DSCF0632.jpg

Bearing Fruit

BEARING FRUIT
Yau Ma Tei Fruit Market

13 Nov 2016, Hong Kong

 

One that would have the fruit must climb the tree.
                                                                   - Thomas Fuller

 
Before the break of light, a small army of men, bare-shirted and heavy-bellied, roll up the shutters and begin the long hours of stacking, sorting and selling fruit in Yau Ma Tei Fruit Market, Hong Kong. 

The entire market is given over to fruit in all shapes and sizes, and so, unlike most markets where the raw aroma of meat cuts across the palate, here it always smells delicate, fragrant; an aroma of distant countries gathered into cornucopia. 

Against traffic, undaunted, the work never ends. 

Perhaps some of them live in back rooms, in secret lofts, dreaming of the tropics in the company of crates of pineapples and grapes. 

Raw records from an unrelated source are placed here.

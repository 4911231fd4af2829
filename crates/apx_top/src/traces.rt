//! Runs whose journal is printed, and what an audit of that says.
ghost use Rattle.std.specs.Prelude.{IsTrue};

use super::*;
use crate::calls::plain;
use crate::journals::COUNTED;
use apx_device::{
    FailingKeeper, Keeper, MemoryFolder, MemoryKeeper, MemoryOut, MemorySpools, MemoryVault,
};
use std::alloc::Global;
use std::test::Fail;

/// Six lines.
const SIX: &str = "a\nb\nc\na\nb\nc\n";

/// What a call left: its status, what both outputs have got, and how many windows are stored.
#[derive(Drop)]
struct Left {
    status: u8,
    out: Vec<u8>,
    err: Vec<u8>,
    stored: u32,
}

/// What these words leave over an input, a script and a journal, with a keeper and an output.
fn leave<K: Keeper + Drop>(
    alloc: Global,
    given: &[&str],
    files: &[(&str, &[u8])],
    keeper: K,
    mut out: MemoryOut,
) -> Result<Left, Fail>
    requires { IsTrue (K.sound keeper) }
{
    let mut folder = MemoryFolder::new(alloc);
    folder.add(alloc, "app.json", COUNTED.as_bytes().to_vec(alloc)?)?;
    for (name, text) in files {
        folder.add(alloc, name, text.to_vec(alloc)?)?;
    }
    let mut words = Vec::new(alloc);
    for word in given {
        words.push(String::from_str(alloc, word)?)?;
    }
    let devices = Devices {
        keeper,
        vault: MemoryVault::new(alloc),
        spools: MemorySpools::new(alloc),
    };
    let mut err = MemoryOut::new(alloc);
    let ended = plain(alloc, &words, &mut folder, devices, &mut out, &mut err);
    Ok(Left {
        status: ended.status,
        out: Vec::from_slice(alloc, out.written())?,
        err: Vec::from_slice(alloc, err.written())?,
        stored: ended.devices.keeper.last(),
    })
}

/// What these words leave over devices in memory.
fn left_in_memory(alloc: Global, given: &[&str], files: &[(&str, &[u8])]) -> Result<Left, Fail> {
    let keeper = MemoryKeeper::new(alloc);
    leave(alloc, given, files, keeper, MemoryOut::new(alloc))
}

#[test]
fn what_is_traced_is_audited_as_ended(rt: HostRuntime) -> Result<(), Fail> {
    let alloc = rt.alloc();
    for (script, order) in [
        ("", "0"),
        ("repartition 4 3 tally\n", "0"),
        ("repartition 4 3 tally\nkill staged 5 2 tally\n", "7"),
        ("kill written 3 0 out\n", "18446744073709551615"),
    ] {
        let (input, script) = (SIX.as_bytes(), script.as_bytes());
        let files = [("in.txt", input), ("script", script)];
        let given = [
            "trace",
            "app.json",
            "--script",
            "script",
            "--checkpoint",
            "2",
            "--order",
            order,
        ];
        let traced = left_in_memory(alloc, &given, &files)?;
        assert_eq!(rt; (traced.status, traced.stored), (0, 6));
        assert!(rt; traced.err.starts_with(b"windows 6\nrows 6\n"));
        let files = [
            ("in.txt", input),
            ("script", script),
            ("journal", traced.out.as_slice()),
        ];
        let given = [
            "audit",
            "app.json",
            "journal",
            "--script",
            "script",
            "--checkpoint",
            "2",
        ];
        let audited = left_in_memory(alloc, &given, &files)?;
        assert_eq!(rt; std::str::from_utf8(&audited.err)?, "");
        assert!(rt; audited.out.starts_with(b"legal "));
        assert!(rt; audited.out.ends_with(b" ended\n"));
    }
    Ok(())
}

#[test]
fn a_run_of_no_window_has_one_entry(rt: HostRuntime) -> Result<(), Fail> {
    let traced = left_in_memory(rt.alloc(), &["trace", "app.json"], &[("in.txt", b"")])?;
    assert_eq!(rt; std::str::from_utf8(&traced.out)?, "0 end\n");
    assert_eq!(rt;
        std::str::from_utf8(&traced.err)?,
        "windows 0\nrows 0\nstarts 0\nwrites 0\nsaves 0\nkills 0\nrepartitions 0\ncommitted 0\n"
    );
    Ok(())
}

#[test]
fn a_store_that_fails_to_count_leaves_no_journal(rt: HostRuntime) -> Result<(), Fail> {
    let alloc = rt.alloc();
    let keeper = FailingKeeper::new(MemoryKeeper::new(alloc), [8].to_vec(alloc)?, false);
    let files = [("in.txt", SIX.as_bytes())];
    let out = MemoryOut::new(alloc);
    let traced = leave(alloc, &["trace", "app.json"], &files, keeper, out)?;
    assert_eq!(rt;
        std::str::from_utf8(&traced.err)?,
        "apex: sink store failed\n"
    );
    assert_eq!(rt; (traced.status, traced.out.len(), traced.stored), (9, 0, 6));
    Ok(())
}

#[test]
fn an_output_that_fails_has_no_journal_and_no_report(rt: HostRuntime) -> Result<(), Fail> {
    let alloc = rt.alloc();
    let files = [("in.txt", SIX.as_bytes())];
    let out = MemoryOut::failing(alloc, [1].to_vec(alloc)?);
    let given = ["trace", "app.json"];
    let traced = leave(alloc, &given, &files, MemoryKeeper::new(alloc), out)?;
    assert_eq!(rt;
        (traced.status, traced.out.len(), traced.err.len()),
        (12, 0, 0)
    );
    assert_eq!(rt; traced.stored, 6);
    Ok(())
}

Into the secret place bananas go, keeping high, living slow. 

Always surrounded by boxes, unyielding, piled like walls that slowly undo themselves into the goodness of a sliced fruit platter in some distant hotel. 

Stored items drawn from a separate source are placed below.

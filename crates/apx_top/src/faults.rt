//! What is told of a run that stopped.
ghost use Rattle.std.specs.Prelude.{◌≡◌, Some, None, MatchResult};
ghost use Rattle.apx_top.specs.Faults.{stop_of_start, stop_of, shown_of, spool_of};
ghost use Rattle.apx_top.specs.Left.{left_of, HasStoppedWith};

use crate::ended::{Finished, History, Outcome, Shown};
use apx_core::{Closed, CoreFault, StartFault};
use apx_load::Stop;

/// A fault of a run, by what is told of it.
#[derive(Drop)]
pub(crate) struct Fault<F> {
    /// Why it stopped.
    pub(crate) stop: Stop,
    /// The bytes that spelled nothing.
    pub(crate) shown: Option<Shown>,
    /// How a spool failed.
    pub(crate) spool: Option<F>,
}

/// Why no run began.
pub(crate) fn stop_of_start(fault: StartFault) -> Stop
    ensures { result ≡ stop_of_start fault }
{
    match fault {
        StartFault::Spools => Stop::SpoolFailed,
        StartFault::Memory => Stop::Memory,
    }
}

/// A fault with nothing beside its stop.
fn bare<F>(stop: Stop) -> Fault<F>
    ensures stop { result.stop ≡ stop }
    ensures shown { result.shown ≡ None }
    ensures spool { result.spool ≡ None }
{
    Fault {
        stop,
        shown: None,
        spool: None,
    }
}

/// A fault of bytes that spelled nothing.
fn showing<F>(stop: Stop, shown: Shown) -> Fault<F>
    ensures stop { result.stop ≡ stop }
    ensures shown { result.shown ≡ Some shown }
    ensures spool { result.spool ≡ None }
{
    Fault {
        stop,
        shown: Some(shown),
        spool: None,
    }
}

/// What is told of the fault that stopped a run.
fn told<F: Drop>(fault: CoreFault<F>) -> Fault<F>
    ensures stop { result.stop ≡ stop_of fault }
    ensures shown { result.shown ≡ shown_of fault }
    ensures spool { result.spool ≡ spool_of fault }
{
    match fault {
        CoreFault::Vault => bare(Stop::VaultFailed),
        CoreFault::Keeper => bare(Stop::StoreFailed),
        CoreFault::Spools => bare(Stop::SpoolFailed),
        CoreFault::Spool(fault) => Fault {
            stop: Stop::SpoolFailed,
            shown: None,
            spool: Some(fault),
        },
        CoreFault::State { id, bytes } => showing(Stop::StateDamaged, Shown::State { id, bytes }),
        CoreFault::Block {
            op,
            part,
            number,
            window,
            index,
            last,
            bytes,
        } => showing(
            Stop::BlockDamaged,
            Shown::Block {
                op,
                part,
                number,
                window,
                index,
                last,
                bytes,
            },
        ),
        CoreFault::Memory => bare(Stop::Memory),
        CoreFault::Large => bare(Stop::Large),
    }
}

/// How a run that is closed ended: it came to its end, or a fault stopped it.
pub(crate) fn settle<K: Drop, V: Drop, P: Drop, F: Drop>(
    closed: Closed<K, V, P, F>,
) -> Result<Finished<K, V, P>, Outcome<K, V, P, F>>
    ensures { MatchResult result
        (λ run. (closed.fault ≡ None) × (run.devices ≡ closed.devices) × (run.journal ≡ closed.journal))
        (λ outcome. (outcome.devices ≡ closed.devices) × HasStoppedWith closed.journal closed.fault (left_of outcome)) }
{
    let Closed {
        devices,
        journal,
        fault,
    } = closed;
    match fault {
        None => Ok(Finished { devices, journal }),
        Some(fault) => {
            let fault = told(fault);
            Err(Outcome {
                end: Err(fault.stop),
                devices,
                journal: History::Core(journal),
                shown: fault.shown,
                spool: fault.spool,
            })
        }
    }
}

Before customers, before the next chapter of the too-long day, there is always time for a game or three of mahjongg. 

The market is more than a century old. Founded in 1913, it spans Ferry Street, Waterloo Road and Reclamation Street, with Shek Lung Street passing through it. 

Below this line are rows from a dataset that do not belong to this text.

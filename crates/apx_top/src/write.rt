//! Writing texts to an output, without taking memory.
ghost use Rattle.std.specs.Prelude.{◌≡◌, ◌≤◌, ◌++◌, List, ℕ, IsErr};
ghost use Rattle.apx_cause.specs.Cause.{Rose};
ghost use Rattle.apx_top.specs.Sent.{HasWritten};

use apx_device::{Failed, Out};

/// Writes the whole piece, or a front of it where the output fails.
pub(crate) fn write_all<O: Out>(out: &mut O, piece: &[u8]) -> Result<(), Failed>
    ensures written { HasWritten O.tells piece.now result (O.written out.old) (O.written out.new) }
    ensures later { O.faults out.old ≤ O.faults out.new }
    ensures cause { IsErr result → Rose (O.faults out.old) (O.faults out.new) }
{
    let mut rest = piece;
    while !rest.is_empty() {
        let taken = out.write(rest)?;
        rest = &rest[taken..];
    }
    Ok(())
}

/// A text in pieces, one behind the other: `("line ", (number, "\n"))`.
pub(crate) trait Text {
    /// Its bytes.
    ghost bytes: { Self → List ℕ };

    /// Writes the whole text, or a front of it where the output fails.
    fn write_to<O: Out>(&self, out: &mut O) -> Result<(), Failed>
        ensures written { HasWritten O.tells (bytes self.now) result (O.written out.old) (O.written out.new) }
        ensures later { O.faults out.old ≤ O.faults out.new }
        ensures cause { IsErr result → Rose (O.faults out.old) (O.faults out.new) };
}

/// One piece.
impl Text for &str {
    ghost bytes = { λ piece. piece.now };

    fn write_to<O: Out>(&self, out: &mut O) -> Result<(), Failed> {
        write_all(out, self.as_bytes())
    }
}

/// Two texts, one after the other.
impl<A: Text, B: Text> Text for (A, B) {
    ghost bytes = { λ pair. A.bytes pair.0 ++ B.bytes pair.1 };

    fn write_to<O: Out>(&self, out: &mut O) -> Result<(), Failed> {
        self.0.write_to(out)?;
        self.1.write_to(out)
    }
}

The empty pallets are stacked as high as they can go before returning to be reloaded. 

The market has been declared as a Grade II Historical Building, and just a few weeks prior to this photo, a fire swept through a section of the market, leaving a swathe of blackened stalls and burnt fittings in its wake. Apparently, it was caused by a worker doing welding in an ice storage facility.

When I visited, business was already back to normal, sans the affected stalls, which have been hoarded up. One thing that fascinated me about the market was that it was mostly locals who were working the ground. Unlike similar places in Singapore, where most of the manual labour is done by foreigners. It spoke of a certain pride of place and desire to carry on in a physically demanding business.

Along with that dogged determination comes an unspoken camaraderie amongst the market men, formed over the course of long years from rolling carts down aisles in the ever-humbling work of stacking and sorting the bruised from the beautiful; the seeded, and the seedless.